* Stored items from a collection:
Segment Open

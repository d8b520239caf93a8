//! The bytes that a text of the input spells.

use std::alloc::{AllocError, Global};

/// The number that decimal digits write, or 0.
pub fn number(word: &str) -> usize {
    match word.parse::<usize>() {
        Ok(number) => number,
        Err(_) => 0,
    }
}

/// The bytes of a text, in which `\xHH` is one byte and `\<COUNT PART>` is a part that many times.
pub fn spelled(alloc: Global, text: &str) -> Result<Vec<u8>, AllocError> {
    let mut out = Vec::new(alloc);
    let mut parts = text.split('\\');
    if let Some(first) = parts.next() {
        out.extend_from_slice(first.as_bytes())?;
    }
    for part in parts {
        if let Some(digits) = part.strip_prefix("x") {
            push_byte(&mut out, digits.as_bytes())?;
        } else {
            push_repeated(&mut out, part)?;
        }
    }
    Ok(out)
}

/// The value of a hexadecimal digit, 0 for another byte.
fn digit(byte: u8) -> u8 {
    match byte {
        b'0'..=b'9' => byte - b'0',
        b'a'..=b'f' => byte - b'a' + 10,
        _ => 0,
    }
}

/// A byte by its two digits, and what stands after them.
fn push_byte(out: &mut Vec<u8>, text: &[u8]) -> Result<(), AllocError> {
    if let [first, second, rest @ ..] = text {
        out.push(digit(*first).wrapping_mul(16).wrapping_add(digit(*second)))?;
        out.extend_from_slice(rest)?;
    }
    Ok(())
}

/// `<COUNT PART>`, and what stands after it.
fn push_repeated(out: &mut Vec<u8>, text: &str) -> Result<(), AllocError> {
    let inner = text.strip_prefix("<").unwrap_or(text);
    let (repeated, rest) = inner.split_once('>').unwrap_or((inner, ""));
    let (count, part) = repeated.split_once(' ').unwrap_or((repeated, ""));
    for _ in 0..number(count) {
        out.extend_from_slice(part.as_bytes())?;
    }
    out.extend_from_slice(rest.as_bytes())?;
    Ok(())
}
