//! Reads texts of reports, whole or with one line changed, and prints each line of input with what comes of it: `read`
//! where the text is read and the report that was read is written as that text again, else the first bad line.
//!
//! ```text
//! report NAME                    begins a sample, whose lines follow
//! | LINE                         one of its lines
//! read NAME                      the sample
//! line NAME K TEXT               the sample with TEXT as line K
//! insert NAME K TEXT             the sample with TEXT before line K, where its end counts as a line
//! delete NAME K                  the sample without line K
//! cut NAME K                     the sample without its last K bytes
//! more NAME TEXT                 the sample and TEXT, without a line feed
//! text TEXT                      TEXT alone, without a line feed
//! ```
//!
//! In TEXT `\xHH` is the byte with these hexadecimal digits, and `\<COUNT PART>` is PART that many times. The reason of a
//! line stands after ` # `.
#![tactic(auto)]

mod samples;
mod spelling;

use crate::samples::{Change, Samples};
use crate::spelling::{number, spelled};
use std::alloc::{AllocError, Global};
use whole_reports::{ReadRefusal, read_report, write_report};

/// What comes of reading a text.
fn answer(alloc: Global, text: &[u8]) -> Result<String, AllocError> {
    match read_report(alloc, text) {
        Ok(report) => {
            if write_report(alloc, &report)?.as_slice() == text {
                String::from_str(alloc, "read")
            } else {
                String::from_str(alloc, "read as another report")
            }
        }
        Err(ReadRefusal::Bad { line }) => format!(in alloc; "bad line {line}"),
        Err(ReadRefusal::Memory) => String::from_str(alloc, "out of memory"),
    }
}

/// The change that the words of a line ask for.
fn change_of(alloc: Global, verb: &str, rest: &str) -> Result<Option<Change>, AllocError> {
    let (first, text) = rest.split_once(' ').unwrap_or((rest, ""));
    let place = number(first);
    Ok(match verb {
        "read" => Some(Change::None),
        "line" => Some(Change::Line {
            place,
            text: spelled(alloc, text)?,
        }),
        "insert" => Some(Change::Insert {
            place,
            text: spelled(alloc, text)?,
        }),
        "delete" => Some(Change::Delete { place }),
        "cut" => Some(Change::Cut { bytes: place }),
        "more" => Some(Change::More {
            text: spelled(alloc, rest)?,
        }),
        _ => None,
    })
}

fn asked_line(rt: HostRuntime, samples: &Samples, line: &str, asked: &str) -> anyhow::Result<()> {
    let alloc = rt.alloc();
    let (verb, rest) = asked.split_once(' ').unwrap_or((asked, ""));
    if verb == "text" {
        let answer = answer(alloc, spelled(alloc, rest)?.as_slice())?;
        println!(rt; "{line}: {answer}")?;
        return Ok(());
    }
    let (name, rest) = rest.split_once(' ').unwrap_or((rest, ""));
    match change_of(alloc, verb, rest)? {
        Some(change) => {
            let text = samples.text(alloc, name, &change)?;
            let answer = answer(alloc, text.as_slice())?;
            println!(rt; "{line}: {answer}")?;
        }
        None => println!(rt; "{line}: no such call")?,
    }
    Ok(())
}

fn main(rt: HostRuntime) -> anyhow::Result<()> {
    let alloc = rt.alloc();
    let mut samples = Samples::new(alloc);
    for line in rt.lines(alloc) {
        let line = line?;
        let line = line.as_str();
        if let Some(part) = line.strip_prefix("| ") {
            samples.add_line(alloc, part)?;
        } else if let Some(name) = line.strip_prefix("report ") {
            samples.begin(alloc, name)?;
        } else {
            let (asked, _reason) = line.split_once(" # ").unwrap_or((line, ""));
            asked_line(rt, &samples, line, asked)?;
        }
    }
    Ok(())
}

Segment Closed
Segment Open

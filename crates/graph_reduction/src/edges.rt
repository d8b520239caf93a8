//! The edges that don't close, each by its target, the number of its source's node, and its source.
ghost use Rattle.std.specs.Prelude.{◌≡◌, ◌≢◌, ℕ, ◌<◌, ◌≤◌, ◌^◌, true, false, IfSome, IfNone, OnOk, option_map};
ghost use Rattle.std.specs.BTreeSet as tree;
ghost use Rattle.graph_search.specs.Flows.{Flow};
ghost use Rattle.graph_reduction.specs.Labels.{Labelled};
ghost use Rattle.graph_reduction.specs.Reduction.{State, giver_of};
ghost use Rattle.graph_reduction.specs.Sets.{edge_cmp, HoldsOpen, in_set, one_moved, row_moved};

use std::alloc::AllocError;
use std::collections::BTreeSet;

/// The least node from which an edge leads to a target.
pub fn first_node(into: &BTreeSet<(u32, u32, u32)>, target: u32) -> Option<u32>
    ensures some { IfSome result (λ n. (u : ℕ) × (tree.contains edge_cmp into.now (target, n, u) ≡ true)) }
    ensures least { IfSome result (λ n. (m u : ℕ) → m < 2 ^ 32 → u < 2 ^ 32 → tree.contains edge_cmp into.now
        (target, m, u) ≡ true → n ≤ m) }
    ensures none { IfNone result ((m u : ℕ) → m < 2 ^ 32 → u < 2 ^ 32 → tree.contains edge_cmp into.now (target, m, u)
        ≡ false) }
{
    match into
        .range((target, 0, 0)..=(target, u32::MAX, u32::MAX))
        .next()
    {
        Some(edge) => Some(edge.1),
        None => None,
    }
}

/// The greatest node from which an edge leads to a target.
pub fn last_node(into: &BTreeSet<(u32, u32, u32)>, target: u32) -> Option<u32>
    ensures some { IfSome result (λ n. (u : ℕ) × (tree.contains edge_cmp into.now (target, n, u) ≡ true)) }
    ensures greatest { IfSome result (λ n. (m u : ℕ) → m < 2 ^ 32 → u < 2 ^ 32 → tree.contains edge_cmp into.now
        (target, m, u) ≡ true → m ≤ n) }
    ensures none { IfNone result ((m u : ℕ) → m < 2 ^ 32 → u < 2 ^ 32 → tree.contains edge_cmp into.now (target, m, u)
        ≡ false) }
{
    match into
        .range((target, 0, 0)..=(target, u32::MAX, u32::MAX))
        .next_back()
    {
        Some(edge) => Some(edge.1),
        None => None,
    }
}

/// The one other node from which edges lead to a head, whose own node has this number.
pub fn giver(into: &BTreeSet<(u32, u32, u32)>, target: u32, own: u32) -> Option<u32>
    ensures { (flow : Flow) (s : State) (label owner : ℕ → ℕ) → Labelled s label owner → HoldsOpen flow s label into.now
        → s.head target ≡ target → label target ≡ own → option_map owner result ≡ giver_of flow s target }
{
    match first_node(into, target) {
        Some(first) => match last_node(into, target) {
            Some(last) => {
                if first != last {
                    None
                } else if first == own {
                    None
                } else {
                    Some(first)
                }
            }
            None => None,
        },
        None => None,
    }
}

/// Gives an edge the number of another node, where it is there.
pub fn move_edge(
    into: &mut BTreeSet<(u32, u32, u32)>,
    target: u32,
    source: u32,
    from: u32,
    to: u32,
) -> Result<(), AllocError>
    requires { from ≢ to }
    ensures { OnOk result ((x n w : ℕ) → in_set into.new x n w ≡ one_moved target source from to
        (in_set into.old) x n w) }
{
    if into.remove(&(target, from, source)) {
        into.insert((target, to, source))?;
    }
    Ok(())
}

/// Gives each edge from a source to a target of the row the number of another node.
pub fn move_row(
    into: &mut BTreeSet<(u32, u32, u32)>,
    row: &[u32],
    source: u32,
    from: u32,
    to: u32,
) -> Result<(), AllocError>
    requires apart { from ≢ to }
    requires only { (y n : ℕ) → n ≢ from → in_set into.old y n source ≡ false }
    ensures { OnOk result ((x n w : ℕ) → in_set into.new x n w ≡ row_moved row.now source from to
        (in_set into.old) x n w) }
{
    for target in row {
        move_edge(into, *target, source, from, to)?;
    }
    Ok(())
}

Segment Closed

* Task statement:
Looking at the data above, count the lines that contain the string "greatest" and give only the count.

* Response area:
2